EXERCISE MATERIALS:
--- START ---

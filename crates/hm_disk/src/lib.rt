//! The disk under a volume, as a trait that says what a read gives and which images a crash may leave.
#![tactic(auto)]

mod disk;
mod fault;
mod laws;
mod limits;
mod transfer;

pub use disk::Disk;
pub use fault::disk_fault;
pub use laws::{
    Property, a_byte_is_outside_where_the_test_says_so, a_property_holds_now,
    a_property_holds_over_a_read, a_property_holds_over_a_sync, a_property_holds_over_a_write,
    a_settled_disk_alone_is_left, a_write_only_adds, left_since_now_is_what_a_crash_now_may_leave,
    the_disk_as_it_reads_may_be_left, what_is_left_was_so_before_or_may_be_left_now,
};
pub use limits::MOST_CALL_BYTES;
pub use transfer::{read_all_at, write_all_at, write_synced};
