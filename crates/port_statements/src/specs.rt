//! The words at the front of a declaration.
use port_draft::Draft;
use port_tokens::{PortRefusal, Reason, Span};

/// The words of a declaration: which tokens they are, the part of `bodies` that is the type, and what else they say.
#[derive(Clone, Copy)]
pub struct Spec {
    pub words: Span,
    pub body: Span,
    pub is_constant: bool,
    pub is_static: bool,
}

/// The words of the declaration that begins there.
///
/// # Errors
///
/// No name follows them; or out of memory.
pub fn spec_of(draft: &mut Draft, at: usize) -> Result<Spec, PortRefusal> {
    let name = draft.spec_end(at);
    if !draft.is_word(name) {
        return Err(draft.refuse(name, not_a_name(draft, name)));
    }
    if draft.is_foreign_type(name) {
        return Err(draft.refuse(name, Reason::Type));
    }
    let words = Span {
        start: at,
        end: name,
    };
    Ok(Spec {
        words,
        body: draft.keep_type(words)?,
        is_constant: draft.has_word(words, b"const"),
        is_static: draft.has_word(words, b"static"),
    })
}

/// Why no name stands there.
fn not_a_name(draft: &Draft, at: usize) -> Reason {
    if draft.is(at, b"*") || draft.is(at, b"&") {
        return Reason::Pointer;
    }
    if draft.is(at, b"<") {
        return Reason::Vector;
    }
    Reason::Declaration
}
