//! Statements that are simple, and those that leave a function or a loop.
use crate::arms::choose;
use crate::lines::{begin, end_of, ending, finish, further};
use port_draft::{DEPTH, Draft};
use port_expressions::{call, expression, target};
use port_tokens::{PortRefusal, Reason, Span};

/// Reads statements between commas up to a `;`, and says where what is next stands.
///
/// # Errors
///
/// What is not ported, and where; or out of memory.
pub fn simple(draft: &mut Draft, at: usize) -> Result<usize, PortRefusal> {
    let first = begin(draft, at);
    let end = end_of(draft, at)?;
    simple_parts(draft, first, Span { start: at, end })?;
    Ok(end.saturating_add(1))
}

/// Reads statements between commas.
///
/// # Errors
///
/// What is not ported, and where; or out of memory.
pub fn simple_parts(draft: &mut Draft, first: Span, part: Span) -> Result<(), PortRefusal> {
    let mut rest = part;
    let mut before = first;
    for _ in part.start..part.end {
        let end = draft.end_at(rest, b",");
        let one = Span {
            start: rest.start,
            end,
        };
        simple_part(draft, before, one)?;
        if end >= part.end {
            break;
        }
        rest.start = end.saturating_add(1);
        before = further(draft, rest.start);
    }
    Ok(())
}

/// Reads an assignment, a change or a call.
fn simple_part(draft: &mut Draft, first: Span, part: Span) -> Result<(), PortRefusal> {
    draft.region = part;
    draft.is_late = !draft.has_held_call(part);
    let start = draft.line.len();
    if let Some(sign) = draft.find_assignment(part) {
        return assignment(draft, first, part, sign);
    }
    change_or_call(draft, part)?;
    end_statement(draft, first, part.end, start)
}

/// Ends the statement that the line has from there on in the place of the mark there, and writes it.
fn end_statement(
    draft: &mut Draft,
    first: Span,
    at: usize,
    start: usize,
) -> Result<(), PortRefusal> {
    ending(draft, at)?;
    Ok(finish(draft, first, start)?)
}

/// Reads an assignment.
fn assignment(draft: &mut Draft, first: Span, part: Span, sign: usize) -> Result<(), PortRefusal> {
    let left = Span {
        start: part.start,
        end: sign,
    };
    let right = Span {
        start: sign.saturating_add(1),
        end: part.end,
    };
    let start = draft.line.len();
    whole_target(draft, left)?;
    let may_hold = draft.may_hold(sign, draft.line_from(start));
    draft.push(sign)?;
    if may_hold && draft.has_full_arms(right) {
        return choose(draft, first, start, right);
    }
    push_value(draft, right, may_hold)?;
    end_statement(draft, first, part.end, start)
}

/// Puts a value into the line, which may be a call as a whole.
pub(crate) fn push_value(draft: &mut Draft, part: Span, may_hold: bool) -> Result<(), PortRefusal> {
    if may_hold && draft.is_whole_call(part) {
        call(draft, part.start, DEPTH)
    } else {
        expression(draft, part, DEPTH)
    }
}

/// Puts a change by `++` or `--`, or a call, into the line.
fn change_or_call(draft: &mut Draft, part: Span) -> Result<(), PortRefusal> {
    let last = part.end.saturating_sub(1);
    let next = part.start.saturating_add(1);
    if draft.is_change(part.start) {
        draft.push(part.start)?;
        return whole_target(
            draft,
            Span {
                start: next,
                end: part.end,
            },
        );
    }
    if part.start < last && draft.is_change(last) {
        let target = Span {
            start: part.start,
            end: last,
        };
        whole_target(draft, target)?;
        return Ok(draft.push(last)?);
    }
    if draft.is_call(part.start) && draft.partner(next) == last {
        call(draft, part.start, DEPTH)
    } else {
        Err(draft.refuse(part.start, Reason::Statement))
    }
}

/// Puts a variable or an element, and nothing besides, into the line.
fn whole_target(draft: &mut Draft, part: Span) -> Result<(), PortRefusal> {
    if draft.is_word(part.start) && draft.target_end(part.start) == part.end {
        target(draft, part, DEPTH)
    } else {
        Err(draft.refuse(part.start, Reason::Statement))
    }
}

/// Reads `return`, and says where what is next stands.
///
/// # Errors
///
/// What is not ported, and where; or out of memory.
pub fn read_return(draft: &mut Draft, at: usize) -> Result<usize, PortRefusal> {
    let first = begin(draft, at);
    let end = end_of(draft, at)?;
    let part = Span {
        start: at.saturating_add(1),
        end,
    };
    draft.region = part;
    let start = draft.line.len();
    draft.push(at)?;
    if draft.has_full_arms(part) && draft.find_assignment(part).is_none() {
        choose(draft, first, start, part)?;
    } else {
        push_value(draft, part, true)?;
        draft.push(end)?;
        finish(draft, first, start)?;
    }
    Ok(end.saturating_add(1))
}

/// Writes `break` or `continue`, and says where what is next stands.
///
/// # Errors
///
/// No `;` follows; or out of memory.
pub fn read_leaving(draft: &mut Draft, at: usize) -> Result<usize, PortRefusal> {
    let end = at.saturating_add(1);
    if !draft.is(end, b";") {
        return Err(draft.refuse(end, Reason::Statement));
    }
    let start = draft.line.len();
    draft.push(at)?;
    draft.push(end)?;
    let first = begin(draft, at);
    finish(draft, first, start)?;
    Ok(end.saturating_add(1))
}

--- END ---

PROBLEM:
A verbatim restatement of all the entries above is required.

RESPONSE TO THIS EXERCISE:
filename crates/hm_disk/src/lib.rt
//! The disk under a volume, as a trait that says what a read gives and which images a crash may leave.
#![tactic(auto)]

mod disk;
mod fault;
mod laws;
mod limits;
mod transfer;

pub use disk::Disk;
pub use fault::disk_fault;
pub use laws::{
    Property, a_byte_is_outside_where_the_test_says_so, a_property_holds_now,
    a_property_holds_over_a_read, a_property_holds_over_a_sync, a_property_holds_over_a_write,
    a_settled_disk_alone_is_left, a_write_only_adds, left_since_now_is_what_a_crash_now_may_leave,
    the_disk_as_it_reads_may_be_left, what_is_left_was_so_before_or_may_be_left_now,
};
pub use limits::MOST_CALL_BYTES;
pub use transfer::{read_all_at, write_all_at, write_synced};
filename crates/port_statements/src/specs.rt
//! The words at the front of a declaration.
use port_draft::Draft;
use port_tokens::{PortRefusal, Reason, Span};

/// The words of a declaration: which tokens they are, the part of `bodies` that is the type, and what else they say.
#[derive(Clone, Copy)]
pub struct Spec {
    pub words: Span,
    pub body: Span,
    pub is_constant: bool,
    pub is_static: bool,
}

/// The words of the declaration that begins there.
///
/// # Errors
///
/// No name follows them; or out of memory.
pub fn spec_of(draft: &mut Draft, at: usize) -> Result<Spec, PortRefusal> {
    let name = draft.spec_end(at);
    if !draft.is_word(name) {
        return Err(draft.refuse(name, not_a_name(draft, name)));
    }
    if draft.is_foreign_type(name) {
        return Err(draft.refuse(name, Reason::Type));
    }
    let words = Span {
        start: at,
        end: name,
    };
    Ok(Spec {
        words,
        body: draft.keep_type(words)?,
        is_constant: draft.has_word(words, b"const"),
        is_static: draft.has_word(words, b"static"),
    })
}

/// Why no name stands there.
fn not_a_name(draft: &Draft, at: usize) -> Reason {
    if draft.is(at, b"*") || draft.is(at, b"&") {
        return Reason::Pointer;
    }
    if draft.is(at, b"<") {
        return Reason::Vector;
    }
    Reason::Declaration
}
//! Statements that are simple, and those that leave a function or a loop.
use crate::arms::choose;
use crate::lines::{begin, end_of, ending, finish, further};
use port_draft::{DEPTH, Draft};
use port_expressions::{call, expression, target};
use port_tokens::{PortRefusal, Reason, Span};

/// Reads statements between commas up to a `;`, and says where what is next stands.
///
/// # Errors
///
/// What is not ported, and where; or out of memory.
pub fn simple(draft: &mut Draft, at: usize) -> Result<usize, PortRefusal> {
    let first = begin(draft, at);
    let end = end_of(draft, at)?;
    simple_parts(draft, first, Span { start: at, end })?;
    Ok(end.saturating_add(1))
}

/// Reads statements between commas.
///
/// # Errors
///
/// What is not ported, and where; or out of memory.
pub fn simple_parts(draft: &mut Draft, first: Span, part: Span) -> Result<(), PortRefusal> {
    let mut rest = part;
    let mut before = first;
    for _ in part.start..part.end {
        let end = draft.end_at(rest, b",");
        let one = Span {
            start: rest.start,
            end,
        };
        simple_part(draft, before, one)?;
        if end >= part.end {
            break;
        }
        rest.start = end.saturating_add(1);
        before = further(draft, rest.start);
    }
    Ok(())
}

/// Reads an assignment, a change or a call.
fn simple_part(draft: &mut Draft, first: Span, part: Span) -> Result<(), PortRefusal> {
    draft.region = part;
    draft.is_late = !draft.has_held_call(part);
    let start = draft.line.len();
    if let Some(sign) = draft.find_assignment(part) {
        return assignment(draft, first, part, sign);
    }
    change_or_call(draft, part)?;
    end_statement(draft, first, part.end, start)
}

/// Ends the statement that the line has from there on in the place of the mark there, and writes it.
fn end_statement(
    draft: &mut Draft,
    first: Span,
    at: usize,
    start: usize,
) -> Result<(), PortRefusal> {
    ending(draft, at)?;
    Ok(finish(draft, first, start)?)
}

/// Reads an assignment.
fn assignment(draft: &mut Draft, first: Span, part: Span, sign: usize) -> Result<(), PortRefusal> {
    let left = Span {
        start: part.start,
        end: sign,
    };
    let right = Span {
        start: sign.saturating_add(1),
        end: part.end,
    };
    let start = draft.line.len();
    whole_target(draft, left)?;
    let may_hold = draft.may_hold(sign, draft.line_from(start));
    draft.push(sign)?;
    if may_hold && draft.has_full_arms(right) {
        return choose(draft, first, start, right);
    }
    push_value(draft, right, may_hold)?;
    end_statement(draft, first, part.end, start)
}

/// Puts a value into the line, which may be a call as a whole.
pub(crate) fn push_value(draft: &mut Draft, part: Span, may_hold: bool) -> Result<(), PortRefusal> {
    if may_hold && draft.is_whole_call(part) {
        call(draft, part.start, DEPTH)
    } else {
        expression(draft, part, DEPTH)
    }
}

/// Puts a change by `++` or `--`, or a call, into the line.
fn change_or_call(draft: &mut Draft, part: Span) -> Result<(), PortRefusal> {
    let last = part.end.saturating_sub(1);
    let next = part.start.saturating_add(1);
    if draft.is_change(part.start) {
        draft.push(part.start)?;
        return whole_target(
            draft,
            Span {
                start: next,
                end: part.end,
            },
        );
    }
    if part.start < last && draft.is_change(last) {
        let target = Span {
            start: part.start,
            end: last,
        };
        whole_target(draft, target)?;
        return Ok(draft.push(last)?);
    }
    if draft.is_call(part.start) && draft.partner(next) == last {
        call(draft, part.start, DEPTH)
    } else {
        Err(draft.refuse(part.start, Reason::Statement))
    }
}

/// Puts a variable or an element, and nothing besides, into the line.
fn whole_target(draft: &mut Draft, part: Span) -> Result<(), PortRefusal> {
    if draft.is_word(part.start) && draft.target_end(part.start) == part.end {
        target(draft, part, DEPTH)
    } else {
        Err(draft.refuse(part.start, Reason::Statement))
    }
}

/// Reads `return`, and says where what is next stands.
///
/// # Errors
///
/// What is not ported, and where; or out of memory.
pub fn read_return(draft: &mut Draft, at: usize) -> Result<usize, PortRefusal> {
    let first = begin(draft, at);
    let end = end_of(draft, at)?;
    let part = Span {
        start: at.saturating_add(1),
        end,
    };
    draft.region = part;
    let start = draft.line.len();
    draft.push(at)?;
    if draft.has_full_arms(part) && draft.find_assignment(part).is_none() {
        choose(draft, first, start, part)?;
    } else {
        push_value(draft, part, true)?;
        draft.push(end)?;
        finish(draft, first, start)?;
    }
    Ok(end.saturating_add(1))
}

/// Writes `break` or `continue`, and says where what is next stands.
///
/// # Errors
///
/// No `;` follows; or out of memory.
pub fn read_leaving(draft: &mut Draft, at: usize) -> Result<usize, PortRefusal> {
    let end = at.saturating_add(1);
    if !draft.is(end, b";") {
        return Err(draft.refuse(end, Reason::Statement));
    }
    let start = draft.line.len();
    draft.push(at)?;
    draft.push(end)?;
    let first = begin(draft, at);
    finish(draft, first, start)?;
    Ok(end.saturating_add(1))
}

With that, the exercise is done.